Anyway, I think you'll have to subsample if that's the only machine available (the server I'm usually running on with big samples has 200GB, so I only run out of memory if I'm running a bunch of samples at once). For parameter caching, there should be zero benefit whatsoever of using 2 million sequences instead of, I dunno 1 million or 500k. Use --n-random-queries (don't use --n-max-queries unless you're sure your file is randomly sorted, since it just takes the first N). If you're partitioning after, you'll probably also want to use --n-random-queries. And the careful thing to do for both of those steps would be to do several different subsamples and compare results (I sometimes do that even if I can run on the whole sample to get at least some idea of the uncertainties). Another option that can be useful is --istartstop, which makes it easy to slice files into non-overlapping subsets.

scharch commented 5 years ago

OK, I will try subsetting for now, I think that will be sufficient for my purposes. One of these days I will get partis working on our cluster....

psathyrella commented 5 years ago

huh, darn this didn't get it working on your batch system? well lmk if there's anything I can fix on my end.

scharch commented 5 years ago

I never got that far. I ran into some problem (don't even remember what) with the prereqs and decided it wasn't worth my time. Odds are it was probably a pretty trivial obstacle.

Do I need to worry about loss of accuracy if I annotate using the --istartstop option?
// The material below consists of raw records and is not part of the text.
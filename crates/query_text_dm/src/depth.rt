// Parentheses inside too many others.
ghost use Rattle.std.specs.Prelude.{◌≡◌, ◌<◌, ◌^◌, ◌&&◌, is_some, nat_le};
ghost use Rattle.query_text_dm.specs.Depth.{IsCut, past};
ghost use Rattle.query_text_dm.specs.Words.{open_of};

use query_tokens_dm::{Placed, Token};

const MOST_OPEN: usize = 64;

// How many are open behind the token, where so many were open before it.
fn past(token: &Token, count: usize) -> usize
    requires { count < 2 ^ 32 }
    ensures { result ≡ past token.now count }
{
    match token {
        Token::Open => count + 1,
        Token::Close => count.saturating_sub(1),
        _ => count,
    }
}

// Whether the token is an opening parenthesis, where too many are open before it.
fn is_too_deep(token: &Token, count: usize) -> bool
    ensures { result ≡ (nat_le 64 count && is_some (open_of token.now)) }
{
    match token {
        Token::Open => MOST_OPEN <= count,
        _ => false,
    }
}

/// The tokens before the first opening parenthesis inside 64 open ones, and its place, if there is one.
pub(crate) fn before_too_deep(tokens: &[Placed]) -> (&[Placed], Option<usize>)
    ensures { IsCut tokens.now result.0.now result.1 }
{
    let mut count = 0;
    let mut kept = 0;
    let mut rest = tokens;
    'depth: while let Some((first, behind)) = rest.split_first() {
        if is_too_deep(&first.token, count) {
            return (&tokens[..kept], Some(first.place));
        }
        count = past(&first.token, count);
        kept += 1;
        rest = behind;
    }
    (tokens, None)
}
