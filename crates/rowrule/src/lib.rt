// The rows of the dictionary, each SPN of 002 with its width, and the rule that they keep: definitions and one computed test over all rows. The code's table of the
// same rows is the crate rows'.
#![tactic(auto)]

// A row: an SPN, and the width of its parameter in bits.
#[derive(Clone, Copy)]
pub struct Row {
    pub spn: u16,
    pub width: u16,
}
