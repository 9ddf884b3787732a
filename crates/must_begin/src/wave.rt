//! Collective calls that wait for their wave (docs/MESSAGES.md, "Needs").

ghost use Rattle.std.specs.Prelude.{◌≡◌, ◌&&◌, ◌||◌, ℕ, List, Option, not, is_some};
ghost use Rattle.must_call.specs.declared.call.Call.{Call};
ghost use Rattle.must_call.specs.declared.field.Field.TheVariants as field;
ghost use Rattle.must_call.specs.Arguments.{seen, all_seen};
ghost use Rattle.must_type.specs.Tree.{TypeTree};
ghost use Rattle.must_rules.specs.Rank.{Rank};
ghost use Rattle.must_call.specs.Bodies.{inputs_of};
ghost use Rattle.must_rules.specs.Significant.{comm_of, significant_in};
ghost use Rattle.must_rules.specs.Clear.{is_clear};
ghost use Rattle.must_rules.specs.Communicators.{is_collective};
ghost use Rattle.must_args.specs.Settings.{has_sense};
ghost use Rattle.must_items.specs.Typed.{HasTypes};
ghost use Rattle.must_parts.specs.Telling.{Sees};
ghost use Rattle.must_messages.specs.CallNeeds.{is_sound_datatype, has_sound_types, waits_for_wave};

use must_args::{Setting, View, setting_of};
use must_call::{Argument, Body, Call, Handle, Object};
use must_derived::Datatypes;

/// Whether all members of a communicator make such a call.
fn is_collective(body: &Body) -> bool
    ensures { result ≡ is_collective body.now }
{
    match body {
        Body::Object(
            Object::CommDup { .. }
            | Object::CommSplit { .. }
            | Object::CommCreate { .. }
            | Object::CommFree { .. },
        )
        | Body::Collective(_)
        | Body::Started(_) => true,
        _ => false,
    }
}

fn is_sound_handle(types: &Datatypes, role: Handle, number: u32) -> bool
    ensures { (trees : ℕ → Option TypeTree) → HasTypes types.now trees → result ≡ is_sound_datatype trees (field.Handle role) number }
{
    match role {
        Handle::Datatype(_) => types.is_sound(number),
        _ => true,
    }
}

/// Whether a field that is a datatype names a sound one.
fn is_sound(types: &Datatypes, argument: &Argument<'_>) -> bool
    ensures { (trees : ℕ → Option TypeTree) → HasTypes types.now trees → result ≡ is_sound_datatype trees (seen argument.now).0 (seen argument.now).1 }
{
    match argument {
        Argument::Handle(role, number) => is_sound_handle(types, *role, *number),
        _ => true,
    }
}

/// Whether the datatype of a field is sound, where it is significant.
fn is_sound_here(types: &Datatypes, setting: &Setting, argument: &Argument<'_>) -> bool
    ensures { (trees : ℕ → Option TypeTree) → HasTypes types.now trees → result ≡ (not (has_sense setting.now (seen argument.now).0) || is_sound_datatype trees (seen argument.now).0 (seen argument.now).1) }
{
    !setting.has_sense(argument) || is_sound(types, argument)
}

/// Whether the datatypes that are significant are sound.
fn has_sound_types(types: &Datatypes, setting: &Setting, arguments: &[Argument<'_>]) -> bool
    ensures { (trees : ℕ → Option TypeTree) → HasTypes types.now trees → result ≡ has_sound_types (has_sense setting.now) trees (all_seen arguments.now) }
{
    for argument in arguments {
        if !is_sound_here(types, setting, argument) {
            return false;
        }
    }
    true
}

/// Whether a call's communicator is live and sound, and its significant datatypes are sound.
fn is_ready<V: View>(view: &V, types: &Datatypes, body: &Body) -> bool
    ensures { (trees : ℕ → Option TypeTree) → HasTypes types.now trees → result ≡ (is_some (comm_of (V.facts view.now) body.now) && has_sound_types (significant_in (V.facts view.now) body.now) trees (inputs_of body.now)) }
{
    let arguments = body.inputs();
    let setting = setting_of(view, body, &arguments);
    setting.size.is_some() && has_sound_types(types, &setting, &arguments)
}

/// Whether a collective call waits for the calls of all members in its wave; `clear` says whether the call is.
pub fn waits_for_wave<V: View>(view: &V, types: &Datatypes, call: &Call, clear: bool) -> bool
    requires { clear ≡ is_clear (V.facts view.now) call.now.body }
    ensures { (r : Rank) (calls : List Call) → Sees r calls (V.facts view.now) (V.sound view.now) (V.starts view.now) types.now → result ≡ waits_for_wave r calls call.now }
{
    is_collective(&call.body) && (clear && is_ready(view, types, &call.body))
}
I assume if I am doing 500k at a time it should be fine, but thought I'd check.

psathyrella commented 5 years ago

It depends, but short answer is that 500k is vastly more than you need for most purposes.

This plot from the annotation paper gives a good idea, and it would say that the accuracy doesn't improve that much even beyond 5k:

p

That number (5k) is of course entirely dependent on the clonal structure of the sample -- your accuracy will still kind of suck with a million sequences if they're all from the same family -- but it should be roughly true. I can't believe I didn't put the info in this plot, but I think this was with an average of 5 seqs per family.

Germline inference (which we didn't have when we made this plot) is necessary to squeeze out the last few bases of naive accuracy within the V, and for that, much higher sample sizes than 5k are needed. That depends on the clonal structure and also on the SHM rate, the latter because it's only the first few bins (0-5 mutations in V) in the mutation accumulation plot that give you sensitivity to most alleles. 500k is still an extremely large sample in most cases (as long as it's not super clonal), so it should be fine. Running on several different subsets with --istartstop would tell you how much difference it's making, of course.